» Required action
Working from the records below, repeat exactly the lines starting at the line that contains "pub enum EvalError" and ending at the line that contains "match value_of(alloc, heap, at)", inclusive.

◇ ◇ ◇ ◇ ◇

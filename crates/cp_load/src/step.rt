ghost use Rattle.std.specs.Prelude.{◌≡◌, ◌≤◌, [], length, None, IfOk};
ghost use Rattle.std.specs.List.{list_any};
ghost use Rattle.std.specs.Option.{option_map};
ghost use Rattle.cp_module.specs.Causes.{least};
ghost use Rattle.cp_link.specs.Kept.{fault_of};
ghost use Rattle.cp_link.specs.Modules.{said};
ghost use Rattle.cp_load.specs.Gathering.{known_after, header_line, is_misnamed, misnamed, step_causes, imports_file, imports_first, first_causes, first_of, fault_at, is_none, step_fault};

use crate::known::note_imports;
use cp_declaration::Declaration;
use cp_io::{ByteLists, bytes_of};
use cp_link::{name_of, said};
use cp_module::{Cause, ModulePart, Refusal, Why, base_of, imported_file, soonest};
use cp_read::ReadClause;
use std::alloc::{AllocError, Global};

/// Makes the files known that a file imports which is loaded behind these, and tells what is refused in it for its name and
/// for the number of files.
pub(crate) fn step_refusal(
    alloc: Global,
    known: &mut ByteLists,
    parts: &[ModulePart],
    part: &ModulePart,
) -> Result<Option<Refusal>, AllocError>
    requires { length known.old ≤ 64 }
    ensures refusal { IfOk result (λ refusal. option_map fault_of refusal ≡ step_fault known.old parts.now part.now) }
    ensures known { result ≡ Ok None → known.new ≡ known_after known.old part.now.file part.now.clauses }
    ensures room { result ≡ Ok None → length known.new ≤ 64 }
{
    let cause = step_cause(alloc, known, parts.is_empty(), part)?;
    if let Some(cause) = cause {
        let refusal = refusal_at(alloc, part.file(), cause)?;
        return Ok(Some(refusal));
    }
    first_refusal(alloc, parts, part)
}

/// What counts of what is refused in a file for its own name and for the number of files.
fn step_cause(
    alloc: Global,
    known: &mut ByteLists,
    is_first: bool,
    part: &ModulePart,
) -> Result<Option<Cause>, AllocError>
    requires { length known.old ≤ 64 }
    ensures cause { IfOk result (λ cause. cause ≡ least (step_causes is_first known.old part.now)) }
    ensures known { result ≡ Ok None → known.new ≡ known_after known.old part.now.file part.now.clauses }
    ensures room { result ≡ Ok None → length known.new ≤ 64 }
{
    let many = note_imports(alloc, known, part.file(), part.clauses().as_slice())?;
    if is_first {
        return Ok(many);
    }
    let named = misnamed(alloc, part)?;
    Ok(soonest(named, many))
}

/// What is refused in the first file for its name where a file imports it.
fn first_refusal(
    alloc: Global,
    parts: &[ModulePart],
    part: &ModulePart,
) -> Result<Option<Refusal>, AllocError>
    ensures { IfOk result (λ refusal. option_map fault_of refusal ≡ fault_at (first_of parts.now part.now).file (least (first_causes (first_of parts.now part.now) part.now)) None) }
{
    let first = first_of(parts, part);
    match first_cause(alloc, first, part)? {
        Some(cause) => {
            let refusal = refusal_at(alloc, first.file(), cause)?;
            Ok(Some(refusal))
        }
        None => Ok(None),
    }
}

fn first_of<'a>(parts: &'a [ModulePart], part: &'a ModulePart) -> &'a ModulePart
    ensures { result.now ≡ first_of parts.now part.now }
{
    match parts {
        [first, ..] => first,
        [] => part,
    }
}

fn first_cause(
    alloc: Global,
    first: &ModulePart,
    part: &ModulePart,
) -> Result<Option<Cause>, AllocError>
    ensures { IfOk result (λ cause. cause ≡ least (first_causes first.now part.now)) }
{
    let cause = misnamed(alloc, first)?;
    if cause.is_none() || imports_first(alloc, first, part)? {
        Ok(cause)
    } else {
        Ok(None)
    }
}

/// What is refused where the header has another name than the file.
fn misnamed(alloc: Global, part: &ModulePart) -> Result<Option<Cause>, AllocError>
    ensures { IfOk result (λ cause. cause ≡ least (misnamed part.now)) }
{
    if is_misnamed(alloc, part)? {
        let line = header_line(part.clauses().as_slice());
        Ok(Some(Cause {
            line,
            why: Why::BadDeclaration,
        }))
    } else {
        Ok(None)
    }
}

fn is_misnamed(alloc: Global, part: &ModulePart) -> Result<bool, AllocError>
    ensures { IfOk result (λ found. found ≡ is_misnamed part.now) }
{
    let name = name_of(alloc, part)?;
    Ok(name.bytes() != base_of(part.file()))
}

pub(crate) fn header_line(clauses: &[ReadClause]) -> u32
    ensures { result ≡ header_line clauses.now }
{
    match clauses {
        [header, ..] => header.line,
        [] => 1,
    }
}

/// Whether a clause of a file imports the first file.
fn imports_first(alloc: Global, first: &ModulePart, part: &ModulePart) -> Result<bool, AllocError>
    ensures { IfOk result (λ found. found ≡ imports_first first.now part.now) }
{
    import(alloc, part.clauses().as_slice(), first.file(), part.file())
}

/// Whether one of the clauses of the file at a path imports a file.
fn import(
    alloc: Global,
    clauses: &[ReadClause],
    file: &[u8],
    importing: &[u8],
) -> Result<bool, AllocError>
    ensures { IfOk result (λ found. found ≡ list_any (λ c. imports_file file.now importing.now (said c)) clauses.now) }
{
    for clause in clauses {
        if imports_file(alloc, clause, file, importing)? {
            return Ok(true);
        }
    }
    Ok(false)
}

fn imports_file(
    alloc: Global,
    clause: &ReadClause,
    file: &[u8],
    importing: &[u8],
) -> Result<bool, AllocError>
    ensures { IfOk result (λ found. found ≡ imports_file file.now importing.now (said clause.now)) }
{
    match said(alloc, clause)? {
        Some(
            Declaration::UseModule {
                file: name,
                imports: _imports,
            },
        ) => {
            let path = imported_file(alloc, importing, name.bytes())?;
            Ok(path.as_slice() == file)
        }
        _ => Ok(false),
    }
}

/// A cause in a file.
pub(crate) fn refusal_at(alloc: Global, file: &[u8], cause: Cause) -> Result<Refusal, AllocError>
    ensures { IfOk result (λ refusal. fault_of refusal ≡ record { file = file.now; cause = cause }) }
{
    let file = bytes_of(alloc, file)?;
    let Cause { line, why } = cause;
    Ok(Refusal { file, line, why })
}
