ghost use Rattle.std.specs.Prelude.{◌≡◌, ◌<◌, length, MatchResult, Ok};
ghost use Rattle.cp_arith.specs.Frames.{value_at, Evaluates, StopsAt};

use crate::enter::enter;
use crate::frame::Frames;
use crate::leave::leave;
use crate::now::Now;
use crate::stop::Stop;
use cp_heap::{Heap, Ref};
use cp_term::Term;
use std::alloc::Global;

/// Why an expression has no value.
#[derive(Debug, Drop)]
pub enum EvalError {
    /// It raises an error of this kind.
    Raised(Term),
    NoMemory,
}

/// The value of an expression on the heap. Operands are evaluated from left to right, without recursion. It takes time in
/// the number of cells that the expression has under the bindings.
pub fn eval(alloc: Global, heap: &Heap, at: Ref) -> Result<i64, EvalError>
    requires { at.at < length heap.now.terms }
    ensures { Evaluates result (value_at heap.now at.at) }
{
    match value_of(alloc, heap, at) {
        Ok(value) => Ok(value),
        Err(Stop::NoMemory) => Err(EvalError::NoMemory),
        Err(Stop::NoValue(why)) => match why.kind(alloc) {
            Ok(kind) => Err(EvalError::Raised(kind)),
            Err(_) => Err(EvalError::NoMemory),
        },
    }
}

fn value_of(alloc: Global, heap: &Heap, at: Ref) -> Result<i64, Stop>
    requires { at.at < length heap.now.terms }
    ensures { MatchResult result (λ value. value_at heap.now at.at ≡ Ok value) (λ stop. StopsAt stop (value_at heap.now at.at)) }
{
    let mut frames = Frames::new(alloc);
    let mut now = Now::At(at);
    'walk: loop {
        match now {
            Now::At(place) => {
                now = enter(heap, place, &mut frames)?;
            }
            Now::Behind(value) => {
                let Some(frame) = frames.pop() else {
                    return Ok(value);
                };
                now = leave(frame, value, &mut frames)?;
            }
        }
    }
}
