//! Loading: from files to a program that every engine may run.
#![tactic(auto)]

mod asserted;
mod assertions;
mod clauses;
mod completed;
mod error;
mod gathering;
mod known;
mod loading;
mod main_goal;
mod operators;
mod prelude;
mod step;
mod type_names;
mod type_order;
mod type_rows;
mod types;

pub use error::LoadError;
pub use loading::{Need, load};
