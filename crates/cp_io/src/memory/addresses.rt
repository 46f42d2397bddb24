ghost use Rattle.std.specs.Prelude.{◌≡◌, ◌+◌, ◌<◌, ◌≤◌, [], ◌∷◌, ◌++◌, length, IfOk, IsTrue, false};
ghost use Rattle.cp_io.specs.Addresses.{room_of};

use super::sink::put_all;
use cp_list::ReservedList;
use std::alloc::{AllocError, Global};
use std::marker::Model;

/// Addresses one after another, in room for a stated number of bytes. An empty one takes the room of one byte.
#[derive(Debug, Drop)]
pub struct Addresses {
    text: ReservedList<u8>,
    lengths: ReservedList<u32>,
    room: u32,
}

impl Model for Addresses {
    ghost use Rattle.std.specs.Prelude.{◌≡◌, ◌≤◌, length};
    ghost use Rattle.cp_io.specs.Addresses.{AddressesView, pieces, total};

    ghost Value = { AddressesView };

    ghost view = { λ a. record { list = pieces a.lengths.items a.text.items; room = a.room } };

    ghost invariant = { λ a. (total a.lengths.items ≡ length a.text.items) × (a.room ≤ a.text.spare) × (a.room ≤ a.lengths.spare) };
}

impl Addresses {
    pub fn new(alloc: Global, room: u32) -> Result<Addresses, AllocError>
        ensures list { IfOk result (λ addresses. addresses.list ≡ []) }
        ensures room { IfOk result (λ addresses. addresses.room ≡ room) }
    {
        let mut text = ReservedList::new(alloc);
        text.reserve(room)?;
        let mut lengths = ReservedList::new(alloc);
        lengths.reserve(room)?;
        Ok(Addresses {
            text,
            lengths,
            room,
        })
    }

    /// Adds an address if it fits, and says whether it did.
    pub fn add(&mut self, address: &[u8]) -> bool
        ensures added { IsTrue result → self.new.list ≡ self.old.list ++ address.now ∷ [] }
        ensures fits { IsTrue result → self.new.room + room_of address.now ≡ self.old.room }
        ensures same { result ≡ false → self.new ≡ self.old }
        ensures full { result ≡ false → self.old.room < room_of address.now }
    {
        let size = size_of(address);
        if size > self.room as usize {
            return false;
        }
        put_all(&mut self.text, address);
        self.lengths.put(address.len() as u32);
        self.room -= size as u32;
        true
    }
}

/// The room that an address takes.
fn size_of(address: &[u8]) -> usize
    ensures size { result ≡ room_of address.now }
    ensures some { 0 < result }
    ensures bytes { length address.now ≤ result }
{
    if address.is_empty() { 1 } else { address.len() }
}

◇ ◇ ◇ ◇ ◇

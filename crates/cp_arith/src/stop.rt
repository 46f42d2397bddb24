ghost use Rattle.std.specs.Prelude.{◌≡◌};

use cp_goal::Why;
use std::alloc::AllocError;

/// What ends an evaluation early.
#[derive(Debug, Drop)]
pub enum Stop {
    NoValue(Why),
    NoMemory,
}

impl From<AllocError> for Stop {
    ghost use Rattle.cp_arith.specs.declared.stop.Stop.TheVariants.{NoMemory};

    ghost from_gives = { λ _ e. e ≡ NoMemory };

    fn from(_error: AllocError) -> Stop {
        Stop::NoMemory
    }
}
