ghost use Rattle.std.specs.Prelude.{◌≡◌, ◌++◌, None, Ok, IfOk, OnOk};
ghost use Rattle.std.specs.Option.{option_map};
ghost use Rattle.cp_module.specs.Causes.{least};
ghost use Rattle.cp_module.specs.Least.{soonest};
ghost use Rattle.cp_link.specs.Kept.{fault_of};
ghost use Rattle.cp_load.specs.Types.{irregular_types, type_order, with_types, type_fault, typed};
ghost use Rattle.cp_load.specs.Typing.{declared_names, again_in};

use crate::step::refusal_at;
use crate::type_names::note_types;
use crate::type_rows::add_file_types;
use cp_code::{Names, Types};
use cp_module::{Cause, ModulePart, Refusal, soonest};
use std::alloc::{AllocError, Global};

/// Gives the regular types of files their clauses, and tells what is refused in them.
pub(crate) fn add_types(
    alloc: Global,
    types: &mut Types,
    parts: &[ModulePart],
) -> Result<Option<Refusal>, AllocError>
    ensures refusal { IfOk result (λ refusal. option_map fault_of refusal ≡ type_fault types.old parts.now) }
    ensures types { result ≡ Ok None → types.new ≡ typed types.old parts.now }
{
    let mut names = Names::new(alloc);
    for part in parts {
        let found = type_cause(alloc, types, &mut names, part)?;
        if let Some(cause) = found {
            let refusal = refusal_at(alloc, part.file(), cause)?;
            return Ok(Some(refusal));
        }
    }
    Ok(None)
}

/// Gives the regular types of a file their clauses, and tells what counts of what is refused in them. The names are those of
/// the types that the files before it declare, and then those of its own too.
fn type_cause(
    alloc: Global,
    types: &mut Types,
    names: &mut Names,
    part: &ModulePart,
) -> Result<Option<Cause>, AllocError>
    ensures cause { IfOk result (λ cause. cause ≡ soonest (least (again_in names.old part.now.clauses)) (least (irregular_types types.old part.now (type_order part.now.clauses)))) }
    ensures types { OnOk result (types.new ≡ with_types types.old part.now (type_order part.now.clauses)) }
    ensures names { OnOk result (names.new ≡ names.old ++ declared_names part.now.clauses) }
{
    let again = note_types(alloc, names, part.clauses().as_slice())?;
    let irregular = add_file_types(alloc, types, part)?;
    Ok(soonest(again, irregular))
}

◇ ◇ ◇ ◇ ◇

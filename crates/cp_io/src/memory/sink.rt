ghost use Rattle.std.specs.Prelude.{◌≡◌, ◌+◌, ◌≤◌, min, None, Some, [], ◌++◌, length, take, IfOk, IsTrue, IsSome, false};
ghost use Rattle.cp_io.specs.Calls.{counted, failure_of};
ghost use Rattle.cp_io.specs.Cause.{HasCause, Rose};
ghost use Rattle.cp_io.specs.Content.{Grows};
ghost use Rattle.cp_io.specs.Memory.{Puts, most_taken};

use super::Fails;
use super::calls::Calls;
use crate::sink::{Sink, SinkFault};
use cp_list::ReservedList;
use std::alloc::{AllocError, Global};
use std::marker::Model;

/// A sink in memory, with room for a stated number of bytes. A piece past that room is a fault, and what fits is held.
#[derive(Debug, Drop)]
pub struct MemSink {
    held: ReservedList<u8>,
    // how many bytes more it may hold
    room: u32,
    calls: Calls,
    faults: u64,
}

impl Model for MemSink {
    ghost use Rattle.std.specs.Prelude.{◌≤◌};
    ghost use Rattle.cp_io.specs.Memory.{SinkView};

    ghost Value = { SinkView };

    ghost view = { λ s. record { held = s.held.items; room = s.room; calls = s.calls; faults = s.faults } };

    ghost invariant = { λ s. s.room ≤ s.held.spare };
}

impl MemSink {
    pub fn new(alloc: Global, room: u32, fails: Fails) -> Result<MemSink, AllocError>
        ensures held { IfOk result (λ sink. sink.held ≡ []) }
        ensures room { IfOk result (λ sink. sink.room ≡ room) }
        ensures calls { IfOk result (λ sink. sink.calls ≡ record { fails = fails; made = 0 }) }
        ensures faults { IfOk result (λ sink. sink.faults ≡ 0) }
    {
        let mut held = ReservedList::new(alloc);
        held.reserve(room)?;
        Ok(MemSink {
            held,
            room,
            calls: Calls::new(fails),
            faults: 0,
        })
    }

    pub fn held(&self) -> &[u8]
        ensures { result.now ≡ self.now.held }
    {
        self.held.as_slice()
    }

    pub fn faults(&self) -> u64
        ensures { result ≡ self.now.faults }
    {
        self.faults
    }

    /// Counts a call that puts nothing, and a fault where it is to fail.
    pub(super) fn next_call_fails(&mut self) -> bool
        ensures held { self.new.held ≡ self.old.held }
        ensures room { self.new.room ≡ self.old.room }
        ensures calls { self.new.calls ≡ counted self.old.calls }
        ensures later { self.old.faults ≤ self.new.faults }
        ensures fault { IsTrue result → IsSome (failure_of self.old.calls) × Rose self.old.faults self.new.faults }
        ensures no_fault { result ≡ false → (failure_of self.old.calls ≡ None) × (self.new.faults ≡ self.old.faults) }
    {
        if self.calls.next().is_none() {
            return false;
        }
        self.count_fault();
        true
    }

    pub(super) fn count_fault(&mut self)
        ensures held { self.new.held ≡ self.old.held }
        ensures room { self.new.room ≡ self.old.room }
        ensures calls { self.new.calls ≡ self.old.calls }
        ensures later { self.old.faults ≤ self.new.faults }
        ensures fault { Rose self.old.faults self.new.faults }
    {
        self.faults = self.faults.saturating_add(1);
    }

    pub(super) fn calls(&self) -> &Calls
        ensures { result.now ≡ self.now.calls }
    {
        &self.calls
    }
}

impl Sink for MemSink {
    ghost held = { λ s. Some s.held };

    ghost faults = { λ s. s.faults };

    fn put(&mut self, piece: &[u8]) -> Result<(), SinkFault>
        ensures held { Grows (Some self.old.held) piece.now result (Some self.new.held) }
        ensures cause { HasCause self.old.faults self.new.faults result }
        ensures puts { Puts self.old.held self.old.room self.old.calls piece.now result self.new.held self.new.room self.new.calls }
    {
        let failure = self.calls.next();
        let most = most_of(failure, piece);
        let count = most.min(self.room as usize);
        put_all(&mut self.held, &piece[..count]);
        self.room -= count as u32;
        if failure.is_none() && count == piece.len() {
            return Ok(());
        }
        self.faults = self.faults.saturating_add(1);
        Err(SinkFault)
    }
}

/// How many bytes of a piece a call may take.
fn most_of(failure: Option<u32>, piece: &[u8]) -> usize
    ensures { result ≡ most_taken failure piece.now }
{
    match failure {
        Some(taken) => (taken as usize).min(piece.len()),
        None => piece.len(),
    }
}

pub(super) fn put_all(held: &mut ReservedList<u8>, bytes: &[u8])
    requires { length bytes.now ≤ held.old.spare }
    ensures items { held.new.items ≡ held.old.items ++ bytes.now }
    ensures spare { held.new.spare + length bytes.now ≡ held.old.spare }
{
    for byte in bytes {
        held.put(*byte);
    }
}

◇ ◇ ◇ ◇ ◇

» Answer to the problem
pub enum EvalError {
    /// It raises an error of this kind.
    Raised(Term),
    NoMemory,
}

/// The value of an expression on the heap. Operands are evaluated from left to right, without recursion. It takes time in
/// the number of cells that the expression has under the bindings.
pub fn eval(alloc: Global, heap: &Heap, at: Ref) -> Result<i64, EvalError>
    requires { at.at < length heap.now.terms }
    ensures { Evaluates result (value_at heap.now at.at) }
{
    match value_of(alloc, heap, at) {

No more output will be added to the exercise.